Hello Veeky Forums

Hello Veeky Forums
Could you tell me what the chances are of me rolling the following results:
With 4d6 = 3x6 and 1x3
With 3d6 = 2x6 and 1x3
With 2d6 = 1x6 and 1x3

Do the same percentages also apply to rolling fours and twos instead of sixes and threes?
If not what would the percentages for those be?

Sorry for this noob question, I'm really bad at maths.

>With 4d6 = 3x6 and 1x3
>With 3d6 = 2x6 and 1x3
>With 2d6 = 1x6 and 1x3

Your notation is unclear. Explain your problem more clearly and thoroughly so we can help.

Do you mean is it the same probability to roll a four as it is to roll a 2 or 3?

The percentages would be the same for fours and twos as sixes and threes if it wasn't for the indents in the dice. You're most likely to roll a six and least likely to roll a one for this reason.

If we assume that each dice has a 1/6 chance of rolling all numbers then the math becomes much easier.

Without the differing weights taken into account you would have a 1/6 chance (0.166666667) of rolling any single number on a die. Moving the decimal over twice and you get your percentage of 16.666667% or round up to 16.7%

When you want to roll 2 specific numbers you need to multiply the chance by itself.

2d6 would be (1/6)*(1/6)=02.77777779%
This could also be written as (1/6)^2
3d6 would be (1/6)^3= 0.462962966%
4d6 would be (1/6)^4=0.0771604944%

When you apply rounding you get:

2d6=2.8%
3d6=0.463%
4d6=0.077%

No I meant is it the same probability to roll 3x4 and 1x2 instead of 3x6 and 1x3

Thank you for this very detailed explanation, I am very grateful!

D6 refers to a fair 6 sided die
Additionally your probabilities are wrong
OP asked for the odds of n-1 6s and 1 3 for n D6
The odds of this are 6^-n * n
Thus 2/(6*6) ; 3/(6*6*6) ; 4/(6*6*6*6)

I'm confused now.
If you would be so kind, how would this transfer to
>2d6=2.8%
>3d6=0.463%
>4d6=0.077%
then?

>With 2d6 = 1x6 and 1x3
Given first rolls:
100000 (0/6)
010000 (0/6)
001000 (1/6)
000100 (0/6)
000010 (0/6)
000001 (1/6)
So there are 36 possible configurations for two dice rolls and only 2 out of 36 yield the correct outcome so the probability is 2/36

>With 3d6 = 2x6 and 1x3
100000 (0/36)
010000 (0/36)
001000 (1/36)
000100 (0/36)
000010 (0/36)
000001 (2/36)
So out of 216 possible outcomes, only 3 yield the correct one so the odds are 3/216

I am too lazy to compute the probability matrix for the one with 4 throws so do it yourself. I already learned you some probability.

What you are saying is retarded because you are not taking into account what OP is actually asking.

The idea of multiplying odds together only works when the events are mutually exclusive.

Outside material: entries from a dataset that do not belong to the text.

//! Tests of refused growths: the allocator itself, and declarations on it.

use crate::declarations::{Counts, counted};
use pw_decl::DeclFaultKind;
use pw_testing::Refusing;
use pw_testing::procedures::SOUND;
use pw_testing::worlds::GENERAL;
use std::alloc::{Allocator, Global};
use std::process::Abort;
use std::test::Fail;

/// A list takes room for 4 small numbers first, then for 8, then for 16.
const PUSHES: u64 = 9;

/// The number of refused pushes. A refused push leaves the list as it was.
fn refused_pushes<A: Allocator>(alloc: A) -> u64 {
    let mut list = Vec::new(alloc);
    let mut refused = 0u64;
    for number in 0..PUSHES {
        if list.push(number).is_err() {
            refused = refused.saturating_add(1);
        }
    }
    refused
}

// Checks that `refused` pushes are refused, and that the list asks for three growths.
fn refuses<R: Abort>(rt: &R, refusing: &Refusing<Global>, refused: u64, at: u64) {
    assert!(rt; refused_pushes(refusing) == refused, "at {at}");
    assert!(rt; refusing.calls() == 3, "at {at}");
}

#[test]
fn each_growth_of_a_list_refused(rt: HostRuntime) {
    for at in 1..4u64 {
        let refusing = Refusing::nth(rt.alloc(), at);
        refuses(&rt, &refusing, 1, at);
    }
}

#[test]
fn no_growth_refused(rt: HostRuntime) {
    for at in [0u64, 4, u64::MAX] {
        refuses(&rt, &Refusing::nth(rt.alloc(), at), 0, at);
        refuses(&rt, &Refusing::all_from(rt.alloc(), at), 0, at);
    }
}

#[test]
fn every_later_growth_refused(rt: HostRuntime) {
    for (at, refused) in [(1u64, PUSHES), (2, 5), (3, 1)] {
        let refusing = Refusing::all_from(rt.alloc(), at);
        assert!(rt; refused_pushes(&refusing) == refused, "all from {at}");
    }
}

/// The form of a test under refusals: it raises `at` until a run meets no refusal.
#[test]
fn a_loop_ends_where_no_growth_is_refused(rt: HostRuntime) {
    let mut runs = 0u64;
    for at in 1..100u64 {
        let refusing = Refusing::nth(rt.alloc(), at);
        runs = at;
        let refused = refused_pushes(&refusing);
        if refusing.calls() < at {
            assert!(rt; refused == 0);
            break;
        }
        assert!(rt; refused == 1, "at {at}");
    }
    assert!(rt; runs == 4);
}

#[test]
fn what_is_held_is_not_given_back_yet(rt: HostRuntime) -> Result<(), Fail> {
    let refusing = Refusing::nth(rt.alloc(), 0);
    let mut list = Vec::new(&refusing);
    for number in 0..5u64 {
        list.push(number)?;
    }
    // Room for 4 numbers of 8 bytes, given back for room for 8 of them.
    assert!(rt; refusing.taken() == 96 && refusing.given_back() == 32);
    drop(list);
    assert!(rt; refusing.taken() == 96 && refusing.given_back() == 96);
    Ok(())
}

// Checks that what the pushes took is this, and that it was given back.
fn is_taken<R: Abort>(rt: &R, refusing: &Refusing<Global>, taken: u64, at: u64) {
    refused_pushes(refusing);
    assert!(rt; refusing.taken() == taken, "at {at}");
    assert!(rt; refusing.given_back() == taken, "at {at}");
}

// The next push asks again for a refused growth. The nine pushes ask for three growths in all.
#[test]
fn what_is_refused_is_not_taken(rt: HostRuntime) {
    for (at, taken) in [(0u64, 224u64), (1, 96), (2, 96), (3, 96), (4, 224)] {
        is_taken(&rt, &Refusing::nth(rt.alloc(), at), taken, at);
    }
    for (at, taken) in [(1u64, 0u64), (2, 32), (3, 96), (4, 224)] {
        is_taken(&rt, &Refusing::all_from(rt.alloc(), at), taken, at);
    }
}

// What the declaration declares.
const WHOLE: Counts = Counts {
    users: 2,
    premises: 4,
    cells: 9,
    sets: 1,
    compounds: 1,
};

// Checks that the reader reads the declaration whole if no growth was refused, and else reports
// that memory ran out. Checks that it gives back all memory that it took. Answers whether a growth
// was refused.
fn is_read_or_refused<R: Abort + AllocGlobal>(
    rt: &R,
    refusing: &Refusing<Global>,
    at: u64,
) -> Result<bool, Fail> {
    let read = counted(rt.alloc(), refusing, SOUND, GENERAL)?;
    assert!(rt; refusing.given_back() == refusing.taken(), "at {at}");
    let is_refused = refusing.calls() >= at;
    match read {
        Ok(counts) => assert!(rt; !is_refused && counts == WHOLE, "at {at}"),
        Err(fault) => {
            assert!(rt; is_refused && fault.why == DeclFaultKind::Memory, "at {at}");
        }
    }
    Ok(is_refused)
}

#[test]
fn a_declaration_is_read_or_memory_is_told(rt: HostRuntime) -> Result<(), Fail> {
    let mut met = 0u64;
    for at in 1..1000u64 {
        let alone = Refusing::nth(rt.alloc(), at);
        let later = Refusing::all_from(rt.alloc(), at);
        let is_refused = is_read_or_refused(&rt, &alone, at)?;
        assert!(rt;
            is_read_or_refused(&rt, &later, at)? == is_refused,
            "at {at}"
        );
        if !is_refused {
            break;
        }
        met = at;
    }
    assert!(rt; met > 40 && met < 999, "{met} growths were refused");
    Ok(())
}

I dont think thats what he meant

Assuming that you mean by XdY to roll with X amounts of Y sided dices and getting the outcome to be a N-tipple of one number and a single of another number it should be [math]X choose (X-1) * Y^X[/math] assuming i didnt fck up.

I thought OP was asking for the results of his rolls being:

2d6 6 3
3d6 6 6 3
4d6 6 6 6 3

Without weight factored into it, there is a 1/6 chance of rolling a 6 as well as a 3.

Based on the way you're calculating it, what are the percentages of rolling those specific numbers? (Or two of the same number, as without holes in the dice, the calculation would be exactly the same.)

>2d6 6 3
>3d6 6 6 3
>4d6 6 6 6 3

I also interpreted it this way, but I don't think he is asking to take order into account, which is why is wrong.